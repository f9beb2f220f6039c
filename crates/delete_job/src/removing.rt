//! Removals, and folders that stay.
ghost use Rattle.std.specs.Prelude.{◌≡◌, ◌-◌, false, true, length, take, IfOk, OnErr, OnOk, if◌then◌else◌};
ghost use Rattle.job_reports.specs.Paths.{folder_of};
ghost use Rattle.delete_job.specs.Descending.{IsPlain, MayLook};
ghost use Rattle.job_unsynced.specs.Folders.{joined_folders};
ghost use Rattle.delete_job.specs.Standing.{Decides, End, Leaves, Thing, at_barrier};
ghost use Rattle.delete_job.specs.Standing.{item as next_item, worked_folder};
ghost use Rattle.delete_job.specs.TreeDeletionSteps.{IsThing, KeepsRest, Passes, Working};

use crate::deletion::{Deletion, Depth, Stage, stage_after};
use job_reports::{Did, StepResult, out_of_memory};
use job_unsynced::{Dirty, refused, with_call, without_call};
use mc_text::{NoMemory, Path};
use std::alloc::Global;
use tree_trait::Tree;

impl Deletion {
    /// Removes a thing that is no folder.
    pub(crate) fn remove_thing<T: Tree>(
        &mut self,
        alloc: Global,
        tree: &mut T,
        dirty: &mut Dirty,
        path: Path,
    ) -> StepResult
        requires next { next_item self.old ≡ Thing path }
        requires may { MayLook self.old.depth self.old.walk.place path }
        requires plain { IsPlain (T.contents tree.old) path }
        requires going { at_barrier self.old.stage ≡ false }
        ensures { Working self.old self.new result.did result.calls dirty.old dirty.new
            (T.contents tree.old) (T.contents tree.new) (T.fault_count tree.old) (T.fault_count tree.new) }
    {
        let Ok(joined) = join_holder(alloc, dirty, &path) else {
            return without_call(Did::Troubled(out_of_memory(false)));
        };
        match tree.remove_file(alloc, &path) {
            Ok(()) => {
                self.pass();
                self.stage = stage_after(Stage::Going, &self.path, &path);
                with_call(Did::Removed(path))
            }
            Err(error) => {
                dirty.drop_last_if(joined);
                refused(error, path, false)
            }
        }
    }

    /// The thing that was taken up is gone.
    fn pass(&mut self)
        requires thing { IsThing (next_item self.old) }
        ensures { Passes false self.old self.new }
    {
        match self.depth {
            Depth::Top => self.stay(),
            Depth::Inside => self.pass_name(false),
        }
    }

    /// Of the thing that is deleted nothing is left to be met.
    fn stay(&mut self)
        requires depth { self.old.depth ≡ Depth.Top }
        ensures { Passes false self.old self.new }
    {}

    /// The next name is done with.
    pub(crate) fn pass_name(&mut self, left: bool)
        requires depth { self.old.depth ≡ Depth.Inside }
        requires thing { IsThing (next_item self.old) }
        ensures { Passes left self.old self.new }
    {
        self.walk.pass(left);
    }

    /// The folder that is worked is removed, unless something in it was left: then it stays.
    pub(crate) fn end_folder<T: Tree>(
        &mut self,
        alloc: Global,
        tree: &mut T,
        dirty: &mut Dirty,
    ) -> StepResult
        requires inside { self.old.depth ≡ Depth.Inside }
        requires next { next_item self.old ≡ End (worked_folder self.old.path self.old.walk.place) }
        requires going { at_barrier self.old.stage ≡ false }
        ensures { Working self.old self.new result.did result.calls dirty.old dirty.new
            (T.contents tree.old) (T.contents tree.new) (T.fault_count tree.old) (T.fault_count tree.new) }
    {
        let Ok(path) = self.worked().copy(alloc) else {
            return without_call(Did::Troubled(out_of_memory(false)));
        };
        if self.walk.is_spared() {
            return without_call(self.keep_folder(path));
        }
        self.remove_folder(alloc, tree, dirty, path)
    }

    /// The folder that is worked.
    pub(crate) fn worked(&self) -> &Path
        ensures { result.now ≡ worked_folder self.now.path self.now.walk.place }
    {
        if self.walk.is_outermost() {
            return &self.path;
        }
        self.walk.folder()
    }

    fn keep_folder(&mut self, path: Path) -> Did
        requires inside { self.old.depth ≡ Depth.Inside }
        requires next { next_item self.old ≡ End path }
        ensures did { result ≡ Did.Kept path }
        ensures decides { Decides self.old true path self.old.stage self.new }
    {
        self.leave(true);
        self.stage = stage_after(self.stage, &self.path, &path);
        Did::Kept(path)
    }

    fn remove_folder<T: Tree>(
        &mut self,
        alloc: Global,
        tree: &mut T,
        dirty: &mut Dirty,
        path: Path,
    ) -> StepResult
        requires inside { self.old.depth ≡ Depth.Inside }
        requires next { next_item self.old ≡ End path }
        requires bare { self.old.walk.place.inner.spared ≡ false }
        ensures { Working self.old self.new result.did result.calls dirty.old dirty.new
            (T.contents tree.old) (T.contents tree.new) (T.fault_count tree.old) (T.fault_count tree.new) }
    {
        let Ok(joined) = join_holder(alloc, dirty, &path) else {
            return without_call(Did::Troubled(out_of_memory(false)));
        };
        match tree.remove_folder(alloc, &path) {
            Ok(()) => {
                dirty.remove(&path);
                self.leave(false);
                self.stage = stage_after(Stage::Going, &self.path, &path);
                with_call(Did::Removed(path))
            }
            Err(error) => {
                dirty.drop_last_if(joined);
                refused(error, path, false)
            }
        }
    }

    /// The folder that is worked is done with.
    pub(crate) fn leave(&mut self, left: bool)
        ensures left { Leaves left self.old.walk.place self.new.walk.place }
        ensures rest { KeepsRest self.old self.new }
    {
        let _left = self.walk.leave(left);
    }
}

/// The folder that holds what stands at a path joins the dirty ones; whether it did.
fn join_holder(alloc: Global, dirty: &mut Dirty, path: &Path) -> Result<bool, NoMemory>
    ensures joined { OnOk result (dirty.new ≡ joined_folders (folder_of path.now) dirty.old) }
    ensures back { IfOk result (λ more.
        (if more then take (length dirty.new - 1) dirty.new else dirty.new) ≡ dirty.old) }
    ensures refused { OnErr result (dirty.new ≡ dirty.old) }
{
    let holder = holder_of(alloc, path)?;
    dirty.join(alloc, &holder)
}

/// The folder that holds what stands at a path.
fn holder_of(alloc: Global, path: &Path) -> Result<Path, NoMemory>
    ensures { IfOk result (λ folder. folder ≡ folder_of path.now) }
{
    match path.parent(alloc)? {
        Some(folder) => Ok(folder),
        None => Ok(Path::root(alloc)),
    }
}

****************************************

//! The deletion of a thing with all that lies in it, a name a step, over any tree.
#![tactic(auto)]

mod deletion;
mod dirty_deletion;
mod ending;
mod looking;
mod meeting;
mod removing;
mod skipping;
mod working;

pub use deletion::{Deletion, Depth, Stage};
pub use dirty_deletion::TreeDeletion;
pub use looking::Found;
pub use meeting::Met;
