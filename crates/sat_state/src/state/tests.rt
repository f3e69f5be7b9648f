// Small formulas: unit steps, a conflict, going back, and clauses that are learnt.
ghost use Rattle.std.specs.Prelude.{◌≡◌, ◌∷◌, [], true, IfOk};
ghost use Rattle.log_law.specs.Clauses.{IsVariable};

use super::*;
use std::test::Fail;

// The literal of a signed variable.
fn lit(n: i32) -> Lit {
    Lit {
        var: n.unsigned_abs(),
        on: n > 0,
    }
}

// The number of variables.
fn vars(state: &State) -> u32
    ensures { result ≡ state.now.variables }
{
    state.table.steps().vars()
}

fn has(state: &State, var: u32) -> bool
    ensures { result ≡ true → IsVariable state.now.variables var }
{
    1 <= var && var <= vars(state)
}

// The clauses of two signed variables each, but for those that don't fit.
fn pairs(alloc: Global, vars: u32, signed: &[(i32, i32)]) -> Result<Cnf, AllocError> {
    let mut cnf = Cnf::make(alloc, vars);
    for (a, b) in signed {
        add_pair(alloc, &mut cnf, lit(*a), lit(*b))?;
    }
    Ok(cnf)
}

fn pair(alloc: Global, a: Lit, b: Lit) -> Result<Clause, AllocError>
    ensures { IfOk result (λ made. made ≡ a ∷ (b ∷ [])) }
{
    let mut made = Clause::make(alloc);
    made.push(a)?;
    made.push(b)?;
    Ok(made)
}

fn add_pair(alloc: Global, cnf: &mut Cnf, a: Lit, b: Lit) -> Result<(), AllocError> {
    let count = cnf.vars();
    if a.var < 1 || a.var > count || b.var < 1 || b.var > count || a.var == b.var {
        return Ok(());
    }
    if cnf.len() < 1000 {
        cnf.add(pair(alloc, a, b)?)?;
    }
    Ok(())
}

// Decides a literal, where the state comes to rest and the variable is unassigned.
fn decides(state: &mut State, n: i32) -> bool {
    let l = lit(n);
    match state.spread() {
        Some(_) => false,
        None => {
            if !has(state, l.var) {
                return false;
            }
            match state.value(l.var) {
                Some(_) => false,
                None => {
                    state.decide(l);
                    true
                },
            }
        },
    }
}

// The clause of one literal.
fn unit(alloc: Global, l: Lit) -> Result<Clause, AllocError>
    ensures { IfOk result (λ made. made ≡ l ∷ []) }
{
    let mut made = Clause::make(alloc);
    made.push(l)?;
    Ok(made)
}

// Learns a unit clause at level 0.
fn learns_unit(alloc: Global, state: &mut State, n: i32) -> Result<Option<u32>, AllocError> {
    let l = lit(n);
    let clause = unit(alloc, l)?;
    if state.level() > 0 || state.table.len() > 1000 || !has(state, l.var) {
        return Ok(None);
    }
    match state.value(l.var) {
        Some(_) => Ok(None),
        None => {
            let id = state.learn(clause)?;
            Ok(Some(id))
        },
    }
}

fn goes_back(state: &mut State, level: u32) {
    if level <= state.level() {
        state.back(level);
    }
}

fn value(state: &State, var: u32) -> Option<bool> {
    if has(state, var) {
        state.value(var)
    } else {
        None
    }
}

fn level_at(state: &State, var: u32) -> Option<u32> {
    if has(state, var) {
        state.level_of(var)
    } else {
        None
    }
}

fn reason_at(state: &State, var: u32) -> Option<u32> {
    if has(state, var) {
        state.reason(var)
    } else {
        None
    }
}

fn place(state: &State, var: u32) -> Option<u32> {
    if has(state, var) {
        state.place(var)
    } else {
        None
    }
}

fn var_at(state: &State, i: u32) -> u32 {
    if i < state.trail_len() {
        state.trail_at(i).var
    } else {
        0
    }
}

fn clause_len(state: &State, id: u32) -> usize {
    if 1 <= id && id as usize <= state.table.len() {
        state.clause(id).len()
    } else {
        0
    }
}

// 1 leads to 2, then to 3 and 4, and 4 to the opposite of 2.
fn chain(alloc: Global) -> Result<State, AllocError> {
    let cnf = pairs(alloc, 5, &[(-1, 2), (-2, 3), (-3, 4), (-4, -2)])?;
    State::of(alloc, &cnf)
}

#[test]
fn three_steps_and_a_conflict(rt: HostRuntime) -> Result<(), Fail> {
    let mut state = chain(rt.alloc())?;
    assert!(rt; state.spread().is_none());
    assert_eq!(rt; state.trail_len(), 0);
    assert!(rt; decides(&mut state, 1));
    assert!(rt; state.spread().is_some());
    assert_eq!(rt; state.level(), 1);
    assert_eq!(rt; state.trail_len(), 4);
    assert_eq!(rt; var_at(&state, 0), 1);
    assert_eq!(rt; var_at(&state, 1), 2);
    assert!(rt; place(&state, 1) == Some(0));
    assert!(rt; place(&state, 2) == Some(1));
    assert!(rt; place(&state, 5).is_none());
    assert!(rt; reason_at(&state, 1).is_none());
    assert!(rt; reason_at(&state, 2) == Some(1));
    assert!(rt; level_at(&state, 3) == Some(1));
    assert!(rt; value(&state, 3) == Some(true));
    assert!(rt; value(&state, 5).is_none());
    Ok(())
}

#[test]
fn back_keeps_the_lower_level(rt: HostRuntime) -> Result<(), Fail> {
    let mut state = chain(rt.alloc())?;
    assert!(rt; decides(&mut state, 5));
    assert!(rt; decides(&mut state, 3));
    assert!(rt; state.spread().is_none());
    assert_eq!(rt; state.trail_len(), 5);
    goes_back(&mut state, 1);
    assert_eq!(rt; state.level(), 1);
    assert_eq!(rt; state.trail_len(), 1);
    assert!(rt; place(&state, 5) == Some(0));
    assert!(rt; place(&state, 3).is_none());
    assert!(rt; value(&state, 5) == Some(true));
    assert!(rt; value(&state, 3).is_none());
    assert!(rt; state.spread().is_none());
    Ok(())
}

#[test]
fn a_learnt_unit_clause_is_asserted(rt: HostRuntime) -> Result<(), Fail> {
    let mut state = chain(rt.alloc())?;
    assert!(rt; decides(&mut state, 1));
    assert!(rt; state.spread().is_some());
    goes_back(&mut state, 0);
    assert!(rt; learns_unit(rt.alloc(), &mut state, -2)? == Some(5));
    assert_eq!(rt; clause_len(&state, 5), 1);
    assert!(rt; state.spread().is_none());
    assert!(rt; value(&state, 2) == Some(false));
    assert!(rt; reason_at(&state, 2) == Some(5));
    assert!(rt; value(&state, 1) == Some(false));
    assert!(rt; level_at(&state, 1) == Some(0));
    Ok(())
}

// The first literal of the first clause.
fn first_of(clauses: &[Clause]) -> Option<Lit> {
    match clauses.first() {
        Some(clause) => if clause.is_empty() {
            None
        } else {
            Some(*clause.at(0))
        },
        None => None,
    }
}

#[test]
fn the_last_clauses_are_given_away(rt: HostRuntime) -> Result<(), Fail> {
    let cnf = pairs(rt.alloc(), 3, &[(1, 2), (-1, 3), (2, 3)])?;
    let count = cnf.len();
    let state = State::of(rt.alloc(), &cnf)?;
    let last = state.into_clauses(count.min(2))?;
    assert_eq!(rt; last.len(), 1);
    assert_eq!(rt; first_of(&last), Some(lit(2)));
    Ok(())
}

****************************************

- [What you are asked to do]: Scan the lines above, and whenever one holds the string "length", copy it.

- [Result]:
ghost use Rattle.std.specs.Prelude.{◌≡◌, ◌-◌, false, true, length, take, IfOk, OnErr, OnOk, if◌then◌else◌};
        (if more then take (length dirty.new - 1) dirty.new else dirty.new) ≡ dirty.old) }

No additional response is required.